Some view Christianity as ignoring the needs of the physical world, having an “otherworldly” focus, but a central aspect of Jesus’ Kingdom (to be established “on earth as it is in heaven”) is the restoration of the material world, as is evident in His taking on a physical body and having it resurrected (Matthew 6.10). In this way, Jesus redeemed the human body and ensured its preservation. Beyond that, God’s healing of the physical world extends to nature as a whole. The apostle Paul asserts that Jesus’ mission is “to reconcile to himself all things, whether on earth or in heaven,” which means, in part, that “creation itself will be set free” (Colossians 1.20, Romans 8.22).
This is far from a comprehensive argument for Christian earth-care, but hopefully, it gives some explanation for why those at Brooksdale work, and what they work towards. Those at Brooksdale see their faith as an invitation to join God in redeeming nature from our ethical and socio-economic failures, so that we may progress into a relationship of mutual thriving with the earth. I believe that this perspective brings a lot of hope. If God works alongside us to restore nature, then we can face environmental issues that seem (even from the most optimistic reports) insurmountable. Even in situations like climate change, where we’re fighting against incredible odds, and with very little time to act, we know that God won’t rest until the created world is restored. And if God won’t rest, we won’t rest, either.

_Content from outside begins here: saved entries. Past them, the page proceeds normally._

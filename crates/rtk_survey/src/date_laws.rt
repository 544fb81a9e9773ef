//! Laws over the definitions: the moments that are told are the nearest with their time of week.
//!
//! Each function here does nothing. Its contract is the law.

ghost use Rattle.std.specs.Prelude.{ℕ, ◌<◌, ◌≤◌};
ghost use Rattle.rtk_message.specs.Fields.{week_ms};
ghost use Rattle.rtk_obs.specs.Dating.{IsDated};
ghost use Rattle.rtk_survey.specs.DateLaws.{IsNearest};
ghost use Rattle.rtk_survey.specs.Telling.{dated, nearest, half_week_ms};

/// Near a moment that is not in the first half week of 1980, `dated` is the date of a time of week, as
/// a conversion has it.
pub fn dates_are_nearest()
    ensures { (near tow : ℕ) → half_week_ms ≤ near → tow < week_ms → IsDated near tow (dated near tow) }
{}

/// Near such a moment a 1013 or a 1029 tells the nearest moment with a time of week.
pub fn told_moments_are_nearest()
    ensures { (at tow : ℕ) → half_week_ms ≤ at → tow < week_ms → IsNearest at tow (nearest at tow) }
{}
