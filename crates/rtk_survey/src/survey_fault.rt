//! Why a summary is not written.

use std::alloc::AllocError;
use thiserror::Error;

/// Why a summary is not written.
#[derive(Clone, Copy, Debug, PartialEq, Eq, Error)]
pub enum SurveyFault {
    /// Memory was refused.
    #[error("out of memory")]
    OutOfMemory,
    /// A read failed.
    #[error("read failed")]
    Read,
    /// All reads that were allowed were made, and none of them was the end.
    #[error("input does not end")]
    Endless,
    /// A write failed.
    #[error("write failed")]
    Write,
}

impl From<AllocError> for SurveyFault {
    ghost use Rattle.std.specs.Prelude.{◌≡◌};
    ghost use Rattle.rtk_survey.specs.declared.survey_fault.SurveyFault.TheVariants.{OutOfMemory};

    ghost from_gives = { λ _ e. e ≡ OutOfMemory };

    fn from(_refused: AllocError) -> Self {
        SurveyFault::OutOfMemory
    }
}
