//! The lines of satellites and codes of a summary.

ghost use Rattle.std.specs.Prelude.{◌≡◌, ◌<◌, ◌≤◌, ◌++◌, false, get_or, IfOk, OnOk};
ghost use Rattle.rtk_obs.specs.AnyCode.{number_of};
ghost use Rattle.rtk_obs.specs.Code.{place_of};
ghost use Rattle.rtk_survey.specs.BitMarks.{is_marked_in};
ghost use Rattle.rtk_survey.specs.SummaryText as spec;
ghost use Rattle.rtk_survey.specs.SummaryText.{list_line, listed_satellite, satellites_text, codes_text, second_frequency_line, signal_lines};

use crate::signals::{CODES, SATELLITES, Signals};
use crate::system_signals::{AnyCodeMarks, INDICES, IndexMarks, SystemSignals};
use rtk_obs::{ALL_ANY_CODES, ALL_CODES, Code, SatelliteIndex, satellite_name};
use std::alloc::{AllocError, Global};

// A satellite after a blank, if it has a value.
fn put_satellite(
    text: &mut Vec<u8>,
    marks: &[bool; SATELLITES],
    satellite: u8,
) -> Result<(), AllocError>
    requires { satellite < 33 }
    ensures { OnOk result (text.new.items
        ≡ text.old.items ++ listed_satellite (λ n. get_or marks.now n false) satellite) }
{
    if marks[usize::from(satellite)] {
        text.extend_from_slice(&[b' ', b'G', b'0' + satellite / 10, b'0' + satellite % 10])?;
    }
    Ok(())
}

// The satellites that have a value.
fn satellites_text(alloc: Global, marks: &[bool; SATELLITES]) -> Result<Vec<u8>, AllocError>
    ensures { IfOk result (λ text. text.items ≡ satellites_text (λ n. get_or marks.now n false)) }
{
    let mut text = Vec::new(alloc);
    for satellite in 1u8..SATELLITES as u8 {
        put_satellite(&mut text, marks, satellite)?;
    }
    Ok(text)
}

/// The codes that have a value, as an option lists them.
pub(crate) fn codes_text(alloc: Global, marks: &[bool; CODES]) -> Result<Vec<u8>, AllocError>
    ensures { IfOk result (λ text. text.items ≡ codes_text (λ c. get_or marks.now (place_of c) false)) }
{
    let mut text = Vec::new(alloc);
    let mut separator = b' ';
    for code in &ALL_CODES {
        if marks[code.place()] {
            text.push(separator)?;
            text.extend_from_slice(&code.name())?;
            separator = b',';
        }
    }
    Ok(text)
}

// A satellite of another system than GPS after a blank, if it has a value.
fn put_index(text: &mut Vec<u8>, marks: &IndexMarks, index: u8) -> Result<(), AllocError>
    requires { (1 ≤ index) × (index < 222) }
    ensures { OnOk result (text.new.items ≡ text.old.items ++ spec.listed_index (λ n. is_marked_in marks.now.words n) index) }
{
    let Some(satellite) = SatelliteIndex::new(index) else {
        unreachable!();
    };
    if marks.is_marked(usize::from(index)) {
        text.push(b' ')?;
        text.extend_from_slice(&satellite_name(satellite))?;
    }
    Ok(())
}

// Appends the satellites of other systems than GPS that have a value.
fn put_indices(text: &mut Vec<u8>, marks: &IndexMarks) -> Result<(), AllocError>
    ensures { OnOk result (text.new.items ≡ text.old.items ++ spec.indices_text (λ n. is_marked_in marks.now.words n)) }
{
    for index in 33u8..INDICES {
        put_index(text, marks, index)?;
    }
    Ok(())
}

// What separates a name from those before it.
fn separator_behind(text: &[u8]) -> u8
    ensures { result ≡ spec.separator_behind text.now }
{
    if text.is_empty() { b' ' } else { b',' }
}

// Appends the codes of other systems than GPS that have a value, as an option lists them.
fn put_any_codes(names: &mut Vec<u8>, marks: &AnyCodeMarks) -> Result<(), AllocError>
    ensures { OnOk result (names.new.items
        ≡ names.old.items ++ spec.any_codes_text names.old.items (λ c. is_marked_in marks.now.words (number_of c))) }
{
    let mut separator = separator_behind(names.as_slice());
    for code in &ALL_ANY_CODES {
        if marks.is_marked(code.number()) {
            names.push(separator)?;
            names.extend_from_slice(&code.text())?;
            separator = b',';
        }
    }
    Ok(())
}

/// The codes of all systems that have a value, as an option lists them.
pub(crate) fn all_codes_text(
    alloc: Global,
    marks: &[bool; CODES],
    others: &AnyCodeMarks,
) -> Result<Vec<u8>, AllocError>
    ensures { IfOk result (λ text. text.items
        ≡ spec.all_codes_text (λ c. get_or marks.now (place_of c) false) (λ c. is_marked_in others.now.words (number_of c))) }
{
    let mut text = codes_text(alloc, marks)?;
    put_any_codes(&mut text, others)?;
    Ok(text)
}

// The satellites of all systems that have a value.
fn all_satellites_text(
    alloc: Global,
    marks: &[bool; SATELLITES],
    others: &IndexMarks,
) -> Result<Vec<u8>, AllocError>
    ensures { IfOk result (λ text. text.items
        ≡ satellites_text (λ n. get_or marks.now n false) ++ spec.indices_text (λ n. is_marked_in others.now.words n)) }
{
    let mut text = satellites_text(alloc, marks)?;
    put_indices(&mut text, others)?;
    Ok(text)
}

// A list, or a hyphen if it is empty.
fn put_list(lines: &mut Vec<u8>, words: &[u8], list: &[u8]) -> Result<(), AllocError>
    ensures { OnOk result (lines.new.items ≡ lines.old.items ++ list_line words.now list.now) }
{
    lines.extend_from_slice(words)?;
    if list.is_empty() {
        lines.extend_from_slice(b" -")?;
    } else {
        lines.extend_from_slice(list)?;
    }
    lines.push(b'\n')?;
    Ok(())
}

/// Appends the line of a second frequency 2P.
pub(crate) fn put_second_frequency(
    lines: &mut Vec<u8>,
    marks: &[bool; CODES],
) -> Result<(), AllocError>
    ensures { OnOk result (lines.new.items
        ≡ lines.old.items ++ second_frequency_line (λ c. get_or marks.now (place_of c) false)) }
{
    if marks[Code::G2P.place()] && !marks[Code::G2W.place()] {
        lines.extend_from_slice(b" second-frequency 2P\n")?;
    }
    Ok(())
}

/// Appends the satellites and the codes that have a value.
pub(crate) fn put_signals(
    alloc: Global,
    lines: &mut Vec<u8>,
    signals: &Signals,
    others: &SystemSignals,
) -> Result<(), AllocError>
    ensures { OnOk result (lines.new.items ≡ lines.old.items ++ signal_lines
        (λ n. get_or signals.now.satellites n false) (λ c. get_or signals.now.codes.marks (place_of c) false)
        (λ n. is_marked_in others.now.satellites.words n) (λ c. is_marked_in others.now.codes.words (number_of c))) }
{
    let satellites = all_satellites_text(alloc, &signals.satellites, &others.satellites)?;
    let codes = all_codes_text(alloc, &signals.codes.marks, &others.codes)?;
    put_list(lines, b" satellites", satellites.as_slice())?;
    put_list(lines, b" codes", codes.as_slice())?;
    Ok(())
}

So, among other reasons, I admire those at the Brooksdale Environmental Centre for embracing this holy call, cultivating a relationship with nature characterized by intimacy, mutual thriving, and learning. Though our planet is rife with wounds, and its future sometimes looks bleak, I believe that it’s encouraging to know that anyone, anywhere, is living in a way that protects and nurtures the earth. If there’s any place where compassion for nature still exists, there’s hope that it can deepen its roots, grow, and spread its boughs over the whole globe. The path to that future is still open, and that’s what we all strive for.